== Extracted records ==
....................

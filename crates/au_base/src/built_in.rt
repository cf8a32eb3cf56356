//! The names that are there from the start.

/// The user who owns the store, and DUAL.
pub const SYS: &str = "SYS";

/// The owner of the audit trail, who is no user.
pub const AUDSYS: &str = "AUDSYS";

/// The table of SYS with one row.
pub const DUAL: &str = "DUAL";

/// The table of AUDSYS whose rows are the trail's records.
pub const UNIFIED_AUDIT_TRAIL: &str = "UNIFIED_AUDIT_TRAIL";

/// The role that may administer auditing.
pub const AUDIT_ADMIN: &str = "AUDIT_ADMIN";

/// The role that may read the audit trail.
pub const AUDIT_VIEWER: &str = "AUDIT_VIEWER";

/// No user or role can have this name.
pub const PUBLIC: &str = "PUBLIC";

/// The policy that is always on. It is in no catalogue.
pub const ORA_MANDATORY: &str = "ORA$MANDATORY";

/// The audit policy that every store begins with, `ACTIONS ALL`, not enabled.
pub const P_ALL: &str = "P_ALL";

....................

Could you output, exactly and with nothing else, the lines from the start of the records through the line containing "pub const AUDSYS: &str"?

== Response to this exercise ==
filename crates/au_base/src/built_in.rt
repository cf8a32eb3cf56356
//! The names that are there from the start.

/// The user who owns the store, and DUAL.
pub const SYS: &str = "SYS";

/// The owner of the audit trail, who is no user.
pub const AUDSYS: &str = "AUDSYS";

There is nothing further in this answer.